■ How to complete this task:
The required output is every line from the beginning of the entries below through the line that includes "Memory ran out.", copied exactly.

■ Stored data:
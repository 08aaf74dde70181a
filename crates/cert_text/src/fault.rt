use std::alloc::AllocError;
use thiserror::Error;

/// Why bytes were not read, or a text was not written.
#[derive(Clone, Copy, Debug, PartialEq, Eq, Error)]
pub enum CertFault {
    /// The line of this number, from 1, is the first that has no place in the form. Behind the last
    /// line it is the line that is still wanted.
    #[error("line {0} has no place")]
    BadLine(usize),
    /// Line 1 names another version.
    #[error("another version")]
    WrongVersion,
    /// Memory ran out.
    #[error("out of memory")]
    Memory,
}

impl From<AllocError> for CertFault {
    ghost use Rattle.std.specs.Prelude.{◌≡◌};
    ghost use Rattle.cert_text.specs.declared.fault.CertFault.TheVariants.{Memory};

    ghost from_gives = { λ _ fault. fault ≡ Memory };

    fn from(_error: AllocError) -> CertFault {
        CertFault::Memory
    }
}
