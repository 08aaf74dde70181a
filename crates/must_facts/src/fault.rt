//! Why a source and a log have no diagnosis.
use path_forms::WalkFault;
use program_facts::FactFault;
use query_core::AskFault;
use std::alloc::AllocError;
use thiserror::Error;

/// Why a source and a log have no diagnosis.
#[derive(Clone, Copy, Debug, PartialEq, Eq, Error)]
pub enum DiagnoseFault {
    /// The source unrolls to more nodes than are followed, over the lines of the log.
    #[error("more nodes than are followed")]
    TooLarge,
    /// The walk doesn't do what a step of the program does yet.
    #[error("a step that isn't walked yet")]
    Unwalked,
    /// Memory ran out, or a number would pass its type's end.
    #[error("out of memory")]
    Memory,
}

impl From<AllocError> for DiagnoseFault {
    ghost use Rattle.std.specs.Prelude.{◌≡◌};
    ghost use Rattle.must_facts.specs.declared.fault.DiagnoseFault.TheVariants.{Memory};

    ghost from_gives = { λ _ e. e ≡ Memory };

    fn from(_error: AllocError) -> DiagnoseFault {
        DiagnoseFault::Memory
    }
}

impl From<FactFault> for DiagnoseFault {
    ghost use Rattle.std.specs.Prelude.{◌≡◌};
    ghost use Rattle.must_facts.specs.declared.fault.DiagnoseFault.TheVariants.{Memory};

    ghost from_gives = { λ _ e. e ≡ Memory };

    fn from(_error: FactFault) -> DiagnoseFault {
        DiagnoseFault::Memory
    }
}

impl From<AskFault> for DiagnoseFault {
    ghost use Rattle.std.specs.Prelude.{◌≢◌};
    ghost use Rattle.must_facts.specs.declared.fault.DiagnoseFault.TheVariants.{TooLarge};

    ghost from_gives = { λ _ e. e ≢ TooLarge };

    fn from(fault: AskFault) -> DiagnoseFault {
        match fault {
            AskFault::Memory => DiagnoseFault::Memory,
            AskFault::Unwalked => DiagnoseFault::Unwalked,
        }
    }
}

impl From<WalkFault> for DiagnoseFault {
    ghost use Rattle.std.specs.Prelude.{◌≢◌};
    ghost use Rattle.must_facts.specs.declared.fault.DiagnoseFault.TheVariants.{TooLarge};

    ghost from_gives = { λ _ e. e ≢ TooLarge };

    fn from(fault: WalkFault) -> DiagnoseFault {
        match fault {
            WalkFault::Memory => DiagnoseFault::Memory,
            _ => DiagnoseFault::Unwalked,
        }
    }
}
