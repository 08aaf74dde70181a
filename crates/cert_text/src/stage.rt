ghost use Rattle.std.specs.Prelude.{◌≡◌};
ghost use Rattle.cert_text.specs.WorldSteps as spec;

use crate::saying::Said;

/// What was read so far of a world's lines.
#[derive(Clone, Copy, PartialEq, Eq)]
pub(crate) enum Stage {
    /// Nothing.
    Head,
    /// The next place is at least this.
    Words(u64),
    /// The next address is at least this; no word comes any more.
    Bytes(u128),
    /// All.
    Done,
}

fn from_place(least: u64, place: u32) -> Option<Stage>
    ensures { result ≡ spec.from_place least place }
{
    if least <= u64::from(place) {
        Some(Stage::Words(u64::from(place) + 1))
    } else {
        None
    }
}

fn from_address(least: u128, address: u64) -> Option<Stage>
    ensures { result ≡ spec.from_address least address }
{
    if least <= u128::from(address) {
        Some(Stage::Bytes(u128::from(address) + 1))
    } else {
        None
    }
}

/// The stage behind a line, if it has a place there.
pub(crate) fn stage_after(stage: Stage, said: Said) -> Option<Stage>
    ensures { result ≡ spec.stage_after stage said }
{
    match (stage, said) {
        (Stage::Head, Said::Head) => Some(Stage::Words(1)),
        (Stage::Words(least), Said::Word(place, _)) => from_place(least, place),
        (Stage::Words(_), Said::Byte(address, _)) => from_address(0, address),
        (Stage::Bytes(least), Said::Byte(address, _)) => from_address(least, address),
        (Stage::Words(_) | Stage::Bytes(_), Said::End) => Some(Stage::Done),
        _ => None,
    }
}
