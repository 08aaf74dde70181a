//! Texts that grow at their end.
ghost use Rattle.std.specs.Prelude.{◌≡◌, ◌++◌, IfOk};
ghost use Rattle.std.specs.Fmt.{decimal};
ghost use Rattle.cert_text.specs.WorldTexts.{entry_line};

use plain_data::Bytes;
use std::alloc::AllocError;

/// Puts a number at the end of a text, in decimal.
fn put_number(text: &mut Bytes, number: u64) -> Result<(), AllocError>
    ensures { IfOk result (λ _. text.new ≡ text.old ++ decimal number) }
{
    let last = b'0' + (number % 10) as u8;
    if number < 10 {
        return text.push(last);
    }
    put_number(text, number / 10)?;
    text.push(last)
}

/// Puts the line of an entry at the end of a text.
pub(crate) fn put_entry(
    text: &mut Bytes,
    letter: u8,
    key: u64,
    value: u64,
) -> Result<(), AllocError>
    ensures { IfOk result (λ _. text.new ≡ text.old ++ entry_line letter (key, value)) }
{
    text.push(letter)?;
    text.push(b' ')?;
    put_number(text, key)?;
    text.push(b' ')?;
    put_number(text, value)?;
    text.push(b'\n')
}
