// The parts of an image, checked where they stand: clocks, entries, waiting removes, of any bytes. Each answer is the place after what stands there, and none where it doesn't stand.
#![tactic(auto)]

ghost use Rattle.std.specs.Prelude.{◌≡◌, ◌+◌, ◌*◌, ◌<◌, ◌≤◌, length, IfSome};
ghost use Rattle.tables.specs.Ascending.{is_lt};
ghost use Rattle.tables.specs.Order.{lex};
ghost use Rattle.dots.specs.Dot.{cmp_dot};
ghost use Rattle.dots.specs.Calls.{ordered};
ghost use Rattle.dots.specs.Clock.{cmp_clock};
ghost use Rattle.dots.specs.Rising.{rising};
ghost use Rattle.layout.specs.Fields.{u32_at, u64_at};
ghost use Rattle.layout.specs.Clock.{dot_at, dots_at, clock_at};
ghost use Rattle.layout.specs.Rows.{members_at};
ghost use Rattle.layout.specs.Good.{rising_members};
ghost use Rattle.scan.specs.Scan.{DotsIn, counted, clock_ends, members_end, row_ends, wait_ends, rows_table, waits_table};

use fields::{index, u32_at, u64_at};
use std::cmp::Ordering;

// Things that stand one after the other, at most N: where the last ends, and where each stands.
#[derive(Clone, Copy)]
pub struct Table<const N: usize> {
    pub next: usize,
    pub places: [u32; N],
}

// The 32-bit number at a place that lies inside: of a part of known length, nothing is tested when the code runs. It stands in each crate that needs it,
// since a public function asks nothing of its callers.
fn u32_in(s: &[u8], at: usize) -> u32
    requires { at + 4 ≤ length s.now }
    ensures { result ≡ u32_at s.now at }
{
    u32_at(&s[at..at + 4], 0)
}

// The 64-bit number there.
fn u64_in(s: &[u8], at: usize) -> u64
    requires { at + 8 ≤ length s.now }
    ensures { result ≡ u64_at s.now at }
{
    u64_at(&s[at..at + 8], 0)
}

// Whether the dots from a place on rise, with no zero counter.
fn dots_rise(s: &[u8], from: usize, count: usize) -> bool
    requires { from + 12 * count ≤ length s.now }
    ensures { result ≡ rising 0 (dots_at s.now from count) }
{
    let mut low: usize = 0;
    for i in 0..count {
        let p = from + 12 * i;
        let actor = index(u32_in(s, p));
        if actor < low {
            return false;
        }
        if u64_in(s, p + 4) == 0 {
            return false;
        }
        low = actor + 1;
    }
    true
}

// Whether the members from a place on rise. A dot has a counter to test as well, so dots_rise stands beside it; both are told places and not
// a slice, as dots_at and members_at are.
fn members_rise(s: &[u8], from: usize, count: usize) -> bool
    requires { from + 4 * count ≤ length s.now }
    ensures { result ≡ rising_members 0 (members_at s.now from count) }
{
    let mut low: usize = 0;
    for i in 0..count {
        let member = index(u32_in(s, from + 4 * i));
        if member < low {
            return false;
        }
        low = member + 1;
    }
    true
}

// How many things of `width` bytes stand after their count at a place: at most `most`, and inside.
fn counted(s: &[u8], at: usize, width: usize, most: usize) -> Option<usize>
    requires { (width ≤ 12) × (most ≤ 32) }
    ensures is { result ≡ counted s.now at width most }
    ensures room { IfSome result (λ n. at + (4 + width * n) ≤ length s.now) }
{
    if s.len() < at {
        return None;
    }
    let left = s.len() - at;
    if left < 4 {
        return None;
    }
    let n = index(u32_at(s, at));
    if most < n {
        return None;
    }
    if left < 4 + width * n {
        return None;
    }
    Some(n)
}

// The place after the normalised clock of at most 16 dots that stands at a place.
pub fn clock_ends(s: &[u8], at: usize) -> Option<usize>
    ensures { result ≡ clock_ends s.now at }
{
    let n = counted(s, at, 12, 16)?;
    dots_rise(s, at + 4, n).then_some(at + (4 + 12 * n))
}

// The place after the members at a place: ascending, at most 32, after their count. Only two lines, and they call what clock_ends doesn't.
pub fn members_end(s: &[u8], at: usize) -> Option<usize>
    ensures { result ≡ members_end s.now at }
{
    let n = counted(s, at, 4, 32)?;
    members_rise(s, at + 4, n).then_some(at + (4 + 4 * n))
}

// Which of the dots at p and q is first, by actor, then counter.
fn dot_order(s: &[u8], p: usize, q: usize) -> Ordering
    requires { (p + 12 ≤ length s.now) × (q + 12 ≤ length s.now) }
    ensures { result ≡ ordered (cmp_dot (dot_at s.now p) (dot_at s.now q)) }
{
    (u32_in(s, p), u64_in(s, p + 4)).cmp(&(u32_in(s, q), u64_in(s, q + 4)))
}

// Which of two clocks is first: the n dots at p, or the m at q. merging has the same of two images, since a public function asks nothing of its callers.
fn dots_order(s: &[u8], p: usize, n: usize, q: usize, m: usize) -> Ordering
    requires { (0 < n → p + 12 * n ≤ length s.now) × (0 < m → q + 12 * m ≤ length s.now) }
    ensures { result ≡ ordered (lex cmp_dot (dots_at s.now p n) (dots_at s.now q m)) }
{
    for i in 0..n.min(m) {
        let order = dot_order(s, p + 12 * i, q + 12 * i);
        if order.is_ne() {
            return order;
        }
    }
    n.cmp(&m)
}

// Whether the clock at p is before the clock at q.
fn clock_less(s: &[u8], p: usize, q: usize) -> bool
    requires { (p < 70368744177664) × (q < 70368744177664) × DotsIn s.now p × DotsIn s.now q }
    ensures { result ≡ is_lt (cmp_clock (clock_at s.now p) (clock_at s.now q)) }
{
    let n = index(u32_at(s, p));
    let m = index(u32_at(s, q));
    dots_order(s, p + 4, n, q + 4, m).is_lt()
}

// The place after the entry at a place, whose member is at least low: whether its dots rise is not looked at.
fn row_ends(s: &[u8], p: usize, low: usize) -> Option<usize>
    requires { p < 70368744177664 }
    ensures { result ≡ row_ends s.now p low }
{
    if index(u32_at(s, p)) < low {
        return None;
    }
    let dots = index(u32_at(s, p + 4));
    if dots == 0 {
        return None;
    }
    if 16 < dots {
        return None;
    }
    let end = p + 8 + 12 * dots;
    (end <= s.len()).then_some(end)
}

// The place after the waiting remove at a place, whose clock is after the one at `last`.
fn wait_ends(s: &[u8], p: usize, last: usize) -> Option<usize>
    requires { (p < 70368744177664) × (last < 70368744177664) × DotsIn s.now last }
    ensures { result ≡ wait_ends s.now p (clock_at s.now last) }
{
    let q = clock_ends(s, p)?;
    if clock_less(s, last, p) {
        members_end(s, q)
    } else {
        None
    }
}

// Where `count` entries stand, at most 64, from a place on, in bytes that 32 bits can count.
pub fn check_rows(s: &[u8], at: usize, count: usize) -> Option<Table<64>>
    ensures { result ≡ rows_table s.now at count }
{
    if 64 < count {
        return None;
    }
    if 4294967295 < s.len() {
        return None;
    }
    if s.len() < at {
        return None;
    }
    let mut places = [0u32; 64];
    let mut p = at;
    let mut low: usize = 0;
    for i in 0..count {
        let next = row_ends(s, p, low)?;
        places[i] = p as u32;
        low = index(u32_at(s, p)) + 1;
        p = next;
    }
    Some(Table { next: p, places })
}

// Where `count` waiting removes stand, at most 16, from a place on, in bytes that 32 bits can count. What one hands to the next is its place, where an
// entry hands on its member, as waits_table and rows_table say: so it is no twin of check_rows.
pub fn check_waits(s: &[u8], at: usize, count: usize) -> Option<Table<16>>
    ensures { result ≡ waits_table s.now at count }
{
    if 16 < count {
        return None;
    }
    if 4294967295 < s.len() {
        return None;
    }
    if s.len() < at {
        return None;
    }
    let mut places = [0u32; 16];
    let mut p = at;
    let mut last = s.len();
    for i in 0..count {
        let next = wait_ends(s, p, last)?;
        places[i] = p as u32;
        last = p;
        p = next;
    }
    Some(Table { next: p, places })
}
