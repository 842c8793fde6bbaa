// A line judged by how far the drawing reaches, before its crossings are made: at most six divisions, however many shapes.
#![tactic(auto)]

ghost use Rattle.std.specs.Prelude.{◌≡◌, true, ◌≤◌, length};
ghost use Rattle.cross_reach.specs.Reach.{Plain};
ghost use Rattle.cross_shapes.specs.declared.Shape.TheVariants.{HalfSpace, Block as Box};
ghost use Rattle.cross_judge.specs.Covering.{Covers, NoFault};
ghost use Rattle.cross_judge.specs.Growing.{PlainAll, Spans, Grown};

use cross_line::Drawing;
use cross_shapes::{Block, Probe, Shape};

// What is read of a drawing once: whether each of its shapes is sound, and how far from zero its faces reach on each axis.
#[derive(Clone, Copy, Drop)]
pub struct Reach {
    pub good: bool,
    pub x: f64,
    pub y: f64,
    pub z: f64,
}

// The reach on one axis with two faces more.
#[tactic(auto, using(crate::proofs::GrowLaws::two_faces))]
fn span(reach: f64, low: f64, high: f64) -> f64
    requires { Plain reach }
    ensures { Spans reach low high result }
{
    cross_reach::widen(cross_reach::widen(reach, low), high)
}

impl Reach {
    fn with_half_space(self, axis: u8, face: f64) -> Reach
        requires { PlainAll self }
        ensures { Grown self (HalfSpace axis face) result }
    {
        let good = self.good & ((axis < 3) & cross_shapes::is_finite(face));
        match axis {
            0 => Reach {
                good,
                x: cross_reach::widen(self.x, face),
                ..self
            },
            1 => Reach {
                good,
                y: cross_reach::widen(self.y, face),
                ..self
            },
            2 => Reach {
                good,
                z: cross_reach::widen(self.z, face),
                ..self
            },
            _ => Reach { good, ..self },
        }
    }

    #[tactic(auto, using(crate::proofs::GrowLaws::box_grown))]
    fn with_box(self, b: Block) -> Reach
        requires { PlainAll self }
        ensures { Grown self (Box b) result }
    {
        let x = cross_shapes::good_pair(b.lx, b.hx);
        let y = cross_shapes::good_pair(b.ly, b.hy);
        let z = cross_shapes::good_pair(b.lz, b.hz);
        Reach {
            good: self.good & (x & (y & z)),
            x: span(self.x, b.lx, b.hx),
            y: span(self.y, b.ly, b.hy),
            z: span(self.z, b.lz, b.hz),
        }
    }

    // The reach with a shape more.
    fn with(self, shape: Shape) -> Reach
        requires { PlainAll self }
        ensures { Grown self shape result }
    {
        match shape {
            Shape::HalfSpace(axis, face) => self.with_half_space(axis, face),
            Shape::Block(b) => self.with_box(b),
        }
    }
}

pub fn reach_of(drawing: Drawing<'_>) -> Reach
    requires { length drawing.kinds.now ≤ 256 }
    ensures { Covers drawing.entry.kinds.now drawing.entry.numbers.now (length drawing.entry.kinds.now) result }
{
    let mut reach = Reach {
        good: true,
        x: 0.0,
        y: 0.0,
        z: 0.0,
    };
    for i in 0..drawing.kinds.len() {
        reach = reach.with(cross_line::shape_at(drawing, i));
    }
    reach
}

// Whether neither the line nor a shape of the drawing is at fault. A no says nothing.
pub fn judge(probe: Probe, reach: Reach) -> bool
    ensures { result ≡ true → NoFault probe reach }
{
    if cross_line::good_probe(probe) {
        let x = cross_reach::judge_axis(reach.x, probe.ox, probe.dx);
        let y = cross_reach::judge_axis(reach.y, probe.oy, probe.dy);
        let z = cross_reach::judge_axis(reach.z, probe.oz, probe.dz);
        return reach.good & (x & (y & z));
    }
    false
}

■ Written solution:
repository 08aaf74dde70181a
filename crates/cert_text/src/fault.rt
use std::alloc::AllocError;
use thiserror::Error;

/// Why bytes were not read, or a text was not written.
#[derive(Clone, Copy, Debug, PartialEq, Eq, Error)]
pub enum CertFault {
    /// The line of this number, from 1, is the first that has no place in the form. Behind the last
    /// line it is the line that is still wanted.
    #[error("line {0} has no place")]
    BadLine(usize),
    /// Line 1 names another version.
    #[error("another version")]
    WrongVersion,
    /// Memory ran out.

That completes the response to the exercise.